# Stored dataset items:
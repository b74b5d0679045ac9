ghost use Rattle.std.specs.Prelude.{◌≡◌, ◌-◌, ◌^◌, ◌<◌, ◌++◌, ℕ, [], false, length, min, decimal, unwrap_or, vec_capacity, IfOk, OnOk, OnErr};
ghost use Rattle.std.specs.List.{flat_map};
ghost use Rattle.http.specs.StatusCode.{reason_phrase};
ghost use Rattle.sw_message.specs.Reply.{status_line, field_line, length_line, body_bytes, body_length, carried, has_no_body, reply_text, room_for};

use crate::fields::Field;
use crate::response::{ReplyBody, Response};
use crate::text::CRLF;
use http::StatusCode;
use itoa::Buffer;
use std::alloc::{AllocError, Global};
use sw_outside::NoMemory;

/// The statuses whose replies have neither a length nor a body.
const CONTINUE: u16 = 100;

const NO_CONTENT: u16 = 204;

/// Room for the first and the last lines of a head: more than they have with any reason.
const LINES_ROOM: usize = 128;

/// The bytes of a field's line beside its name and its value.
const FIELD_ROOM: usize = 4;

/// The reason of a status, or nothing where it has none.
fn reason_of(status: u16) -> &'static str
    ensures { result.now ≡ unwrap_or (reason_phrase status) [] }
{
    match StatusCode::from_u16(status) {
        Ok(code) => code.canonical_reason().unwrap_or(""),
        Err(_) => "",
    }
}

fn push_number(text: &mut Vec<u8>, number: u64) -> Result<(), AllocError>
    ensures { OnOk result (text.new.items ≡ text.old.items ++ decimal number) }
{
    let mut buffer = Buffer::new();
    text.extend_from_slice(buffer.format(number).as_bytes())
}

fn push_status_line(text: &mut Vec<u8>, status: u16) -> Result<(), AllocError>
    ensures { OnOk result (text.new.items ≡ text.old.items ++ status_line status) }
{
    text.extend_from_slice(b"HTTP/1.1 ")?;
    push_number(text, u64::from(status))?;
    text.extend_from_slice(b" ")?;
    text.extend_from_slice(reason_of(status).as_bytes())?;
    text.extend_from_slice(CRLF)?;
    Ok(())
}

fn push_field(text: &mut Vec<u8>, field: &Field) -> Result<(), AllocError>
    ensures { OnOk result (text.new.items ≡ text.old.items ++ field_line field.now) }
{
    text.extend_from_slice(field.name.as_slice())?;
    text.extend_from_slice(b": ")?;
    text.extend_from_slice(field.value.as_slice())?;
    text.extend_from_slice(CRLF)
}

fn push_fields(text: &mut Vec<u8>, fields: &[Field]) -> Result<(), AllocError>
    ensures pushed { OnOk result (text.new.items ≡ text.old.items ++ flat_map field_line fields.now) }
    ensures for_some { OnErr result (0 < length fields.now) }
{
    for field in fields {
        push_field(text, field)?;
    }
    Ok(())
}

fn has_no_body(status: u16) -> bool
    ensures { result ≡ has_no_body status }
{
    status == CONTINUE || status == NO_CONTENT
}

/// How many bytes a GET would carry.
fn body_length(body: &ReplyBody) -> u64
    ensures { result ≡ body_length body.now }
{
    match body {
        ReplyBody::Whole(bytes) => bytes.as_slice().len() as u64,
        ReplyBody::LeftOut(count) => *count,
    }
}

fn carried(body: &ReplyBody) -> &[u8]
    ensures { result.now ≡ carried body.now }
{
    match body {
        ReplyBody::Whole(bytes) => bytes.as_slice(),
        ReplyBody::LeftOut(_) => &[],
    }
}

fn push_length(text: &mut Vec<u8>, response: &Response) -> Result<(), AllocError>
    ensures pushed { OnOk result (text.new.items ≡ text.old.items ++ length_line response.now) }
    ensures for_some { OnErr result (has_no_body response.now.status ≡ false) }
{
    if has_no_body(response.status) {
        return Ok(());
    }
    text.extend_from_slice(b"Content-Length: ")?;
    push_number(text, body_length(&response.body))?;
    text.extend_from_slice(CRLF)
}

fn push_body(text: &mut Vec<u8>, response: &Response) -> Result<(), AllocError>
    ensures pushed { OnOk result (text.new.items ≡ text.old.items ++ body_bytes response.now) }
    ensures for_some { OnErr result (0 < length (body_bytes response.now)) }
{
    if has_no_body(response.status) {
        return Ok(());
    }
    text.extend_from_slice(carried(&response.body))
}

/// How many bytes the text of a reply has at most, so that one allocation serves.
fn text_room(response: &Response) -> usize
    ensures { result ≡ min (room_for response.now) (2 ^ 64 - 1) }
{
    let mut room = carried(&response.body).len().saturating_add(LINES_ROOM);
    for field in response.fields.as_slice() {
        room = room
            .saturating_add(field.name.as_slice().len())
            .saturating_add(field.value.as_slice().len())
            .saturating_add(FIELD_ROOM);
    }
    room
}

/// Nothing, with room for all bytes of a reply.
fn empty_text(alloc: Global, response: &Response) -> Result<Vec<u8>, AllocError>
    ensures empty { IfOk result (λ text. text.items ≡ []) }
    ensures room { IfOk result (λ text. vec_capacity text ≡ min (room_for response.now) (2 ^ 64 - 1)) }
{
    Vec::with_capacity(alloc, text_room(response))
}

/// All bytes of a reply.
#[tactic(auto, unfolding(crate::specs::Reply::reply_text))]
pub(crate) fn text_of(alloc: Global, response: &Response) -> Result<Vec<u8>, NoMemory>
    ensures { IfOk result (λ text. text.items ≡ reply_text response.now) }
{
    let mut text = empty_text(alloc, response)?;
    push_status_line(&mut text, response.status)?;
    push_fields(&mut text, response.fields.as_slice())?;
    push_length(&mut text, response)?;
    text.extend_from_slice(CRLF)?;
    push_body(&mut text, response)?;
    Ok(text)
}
---
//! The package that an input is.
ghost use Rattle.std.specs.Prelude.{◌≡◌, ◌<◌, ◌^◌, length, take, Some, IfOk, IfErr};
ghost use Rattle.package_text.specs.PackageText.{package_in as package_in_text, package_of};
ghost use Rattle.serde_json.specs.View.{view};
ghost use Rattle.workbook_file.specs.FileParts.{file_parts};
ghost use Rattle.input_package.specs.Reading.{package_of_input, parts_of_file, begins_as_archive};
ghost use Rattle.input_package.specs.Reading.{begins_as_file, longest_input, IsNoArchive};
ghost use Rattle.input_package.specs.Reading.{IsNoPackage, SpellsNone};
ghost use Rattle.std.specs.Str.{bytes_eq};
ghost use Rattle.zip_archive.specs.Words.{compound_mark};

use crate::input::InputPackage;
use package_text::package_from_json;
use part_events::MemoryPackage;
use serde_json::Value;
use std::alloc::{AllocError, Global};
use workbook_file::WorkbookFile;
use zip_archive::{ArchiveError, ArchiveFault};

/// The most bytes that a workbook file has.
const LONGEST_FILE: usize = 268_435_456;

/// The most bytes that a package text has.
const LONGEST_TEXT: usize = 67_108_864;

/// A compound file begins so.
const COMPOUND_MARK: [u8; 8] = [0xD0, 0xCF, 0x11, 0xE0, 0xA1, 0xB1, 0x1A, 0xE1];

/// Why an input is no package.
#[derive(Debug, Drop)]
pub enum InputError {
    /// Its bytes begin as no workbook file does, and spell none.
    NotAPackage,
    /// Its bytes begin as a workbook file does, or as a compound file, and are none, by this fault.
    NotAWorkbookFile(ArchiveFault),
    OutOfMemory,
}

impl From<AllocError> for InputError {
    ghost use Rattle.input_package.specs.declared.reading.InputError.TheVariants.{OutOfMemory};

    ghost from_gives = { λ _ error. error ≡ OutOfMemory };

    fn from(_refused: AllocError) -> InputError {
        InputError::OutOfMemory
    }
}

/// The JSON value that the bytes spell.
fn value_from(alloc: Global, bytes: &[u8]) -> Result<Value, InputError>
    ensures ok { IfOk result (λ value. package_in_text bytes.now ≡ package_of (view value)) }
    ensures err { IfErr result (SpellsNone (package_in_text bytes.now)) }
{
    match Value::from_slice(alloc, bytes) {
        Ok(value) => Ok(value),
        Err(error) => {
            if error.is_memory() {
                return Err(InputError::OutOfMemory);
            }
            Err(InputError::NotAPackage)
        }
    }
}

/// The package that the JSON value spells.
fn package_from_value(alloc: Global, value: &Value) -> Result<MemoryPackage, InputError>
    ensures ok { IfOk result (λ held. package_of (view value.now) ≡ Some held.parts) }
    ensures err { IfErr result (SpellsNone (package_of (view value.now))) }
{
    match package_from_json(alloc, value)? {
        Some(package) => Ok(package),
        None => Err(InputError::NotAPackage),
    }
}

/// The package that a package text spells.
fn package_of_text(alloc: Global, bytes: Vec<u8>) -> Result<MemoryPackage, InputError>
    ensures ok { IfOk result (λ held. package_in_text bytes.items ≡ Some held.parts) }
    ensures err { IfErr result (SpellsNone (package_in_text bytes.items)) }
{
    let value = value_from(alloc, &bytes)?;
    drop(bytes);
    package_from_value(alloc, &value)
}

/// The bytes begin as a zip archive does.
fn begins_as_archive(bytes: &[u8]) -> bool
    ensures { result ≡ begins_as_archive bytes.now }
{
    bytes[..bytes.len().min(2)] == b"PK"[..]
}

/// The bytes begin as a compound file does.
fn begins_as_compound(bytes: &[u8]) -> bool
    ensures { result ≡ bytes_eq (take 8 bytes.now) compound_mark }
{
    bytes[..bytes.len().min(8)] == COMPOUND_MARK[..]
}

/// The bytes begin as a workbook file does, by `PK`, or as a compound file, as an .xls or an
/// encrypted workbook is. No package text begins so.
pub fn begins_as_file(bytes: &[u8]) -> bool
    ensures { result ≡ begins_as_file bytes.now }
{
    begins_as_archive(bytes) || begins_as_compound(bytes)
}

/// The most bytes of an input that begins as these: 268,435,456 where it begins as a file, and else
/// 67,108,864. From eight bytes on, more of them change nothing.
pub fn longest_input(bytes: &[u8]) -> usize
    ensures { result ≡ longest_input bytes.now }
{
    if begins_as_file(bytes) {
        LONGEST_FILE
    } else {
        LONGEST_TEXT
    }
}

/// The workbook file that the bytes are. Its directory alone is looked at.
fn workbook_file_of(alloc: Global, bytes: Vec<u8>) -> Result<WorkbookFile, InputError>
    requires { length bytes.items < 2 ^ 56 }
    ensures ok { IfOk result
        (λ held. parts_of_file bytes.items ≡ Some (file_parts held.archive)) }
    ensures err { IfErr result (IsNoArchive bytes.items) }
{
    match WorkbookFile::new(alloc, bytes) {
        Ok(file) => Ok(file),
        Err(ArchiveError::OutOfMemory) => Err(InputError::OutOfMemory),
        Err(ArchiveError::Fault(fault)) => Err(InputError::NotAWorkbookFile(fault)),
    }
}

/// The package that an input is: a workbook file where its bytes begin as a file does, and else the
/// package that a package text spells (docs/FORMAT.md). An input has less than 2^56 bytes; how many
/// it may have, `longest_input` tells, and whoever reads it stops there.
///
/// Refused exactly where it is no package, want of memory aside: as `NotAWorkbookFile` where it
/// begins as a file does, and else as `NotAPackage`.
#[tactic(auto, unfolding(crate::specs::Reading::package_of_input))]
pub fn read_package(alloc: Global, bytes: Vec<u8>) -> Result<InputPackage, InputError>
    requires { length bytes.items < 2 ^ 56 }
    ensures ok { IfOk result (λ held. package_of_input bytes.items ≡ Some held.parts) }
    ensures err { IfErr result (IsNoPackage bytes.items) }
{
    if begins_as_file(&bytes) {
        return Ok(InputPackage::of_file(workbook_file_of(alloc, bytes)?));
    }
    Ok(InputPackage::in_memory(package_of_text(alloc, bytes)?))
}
...
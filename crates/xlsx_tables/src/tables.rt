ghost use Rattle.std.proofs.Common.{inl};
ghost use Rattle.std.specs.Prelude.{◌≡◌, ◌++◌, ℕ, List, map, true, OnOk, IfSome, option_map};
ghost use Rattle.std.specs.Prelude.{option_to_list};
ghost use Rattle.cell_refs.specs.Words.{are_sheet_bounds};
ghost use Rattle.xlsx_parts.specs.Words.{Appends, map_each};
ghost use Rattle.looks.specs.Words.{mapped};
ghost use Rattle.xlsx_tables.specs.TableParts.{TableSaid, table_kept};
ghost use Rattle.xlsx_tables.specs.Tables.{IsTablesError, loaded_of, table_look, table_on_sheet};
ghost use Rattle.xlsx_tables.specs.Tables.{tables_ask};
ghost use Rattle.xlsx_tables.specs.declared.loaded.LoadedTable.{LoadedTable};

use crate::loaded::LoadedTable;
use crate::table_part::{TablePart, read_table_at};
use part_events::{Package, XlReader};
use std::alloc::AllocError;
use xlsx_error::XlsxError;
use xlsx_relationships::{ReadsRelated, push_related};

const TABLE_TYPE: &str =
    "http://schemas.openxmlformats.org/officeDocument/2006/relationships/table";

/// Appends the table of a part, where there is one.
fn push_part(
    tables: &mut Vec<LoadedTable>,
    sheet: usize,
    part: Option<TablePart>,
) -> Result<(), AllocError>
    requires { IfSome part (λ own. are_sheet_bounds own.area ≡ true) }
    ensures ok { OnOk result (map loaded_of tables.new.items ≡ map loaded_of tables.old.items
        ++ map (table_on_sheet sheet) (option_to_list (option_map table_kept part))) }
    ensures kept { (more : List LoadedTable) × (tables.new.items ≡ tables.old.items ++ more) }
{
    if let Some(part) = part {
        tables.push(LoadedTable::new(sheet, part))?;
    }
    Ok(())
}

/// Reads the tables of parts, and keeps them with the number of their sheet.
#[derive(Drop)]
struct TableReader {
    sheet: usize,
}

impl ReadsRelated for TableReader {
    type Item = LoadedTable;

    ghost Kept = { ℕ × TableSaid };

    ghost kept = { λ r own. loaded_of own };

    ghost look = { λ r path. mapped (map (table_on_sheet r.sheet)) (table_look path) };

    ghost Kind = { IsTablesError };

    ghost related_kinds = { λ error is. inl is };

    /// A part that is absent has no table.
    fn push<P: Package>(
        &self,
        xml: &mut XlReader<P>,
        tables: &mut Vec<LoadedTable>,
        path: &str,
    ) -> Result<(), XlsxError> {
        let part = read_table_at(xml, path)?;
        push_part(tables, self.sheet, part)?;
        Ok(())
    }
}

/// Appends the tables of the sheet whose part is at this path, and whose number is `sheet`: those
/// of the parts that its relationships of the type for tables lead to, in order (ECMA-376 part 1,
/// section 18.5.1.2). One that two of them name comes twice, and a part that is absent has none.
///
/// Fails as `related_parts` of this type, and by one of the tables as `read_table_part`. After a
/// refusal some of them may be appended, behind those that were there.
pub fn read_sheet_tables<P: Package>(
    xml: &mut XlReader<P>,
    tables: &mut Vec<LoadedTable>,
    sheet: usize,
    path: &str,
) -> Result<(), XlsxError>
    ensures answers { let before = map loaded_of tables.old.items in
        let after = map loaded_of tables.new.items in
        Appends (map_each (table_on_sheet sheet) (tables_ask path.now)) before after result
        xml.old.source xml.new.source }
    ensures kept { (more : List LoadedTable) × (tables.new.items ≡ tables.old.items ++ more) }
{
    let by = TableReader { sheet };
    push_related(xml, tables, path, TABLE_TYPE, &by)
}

# Task directions:
Wherever "return" occurs in the records above, copy the line it sits in.

# Solution for this problem:
        return Ok(());
        return Ok(());
                return Err(InputError::OutOfMemory);
        return Ok(InputPackage::of_file(workbook_file_of(alloc, bytes)?));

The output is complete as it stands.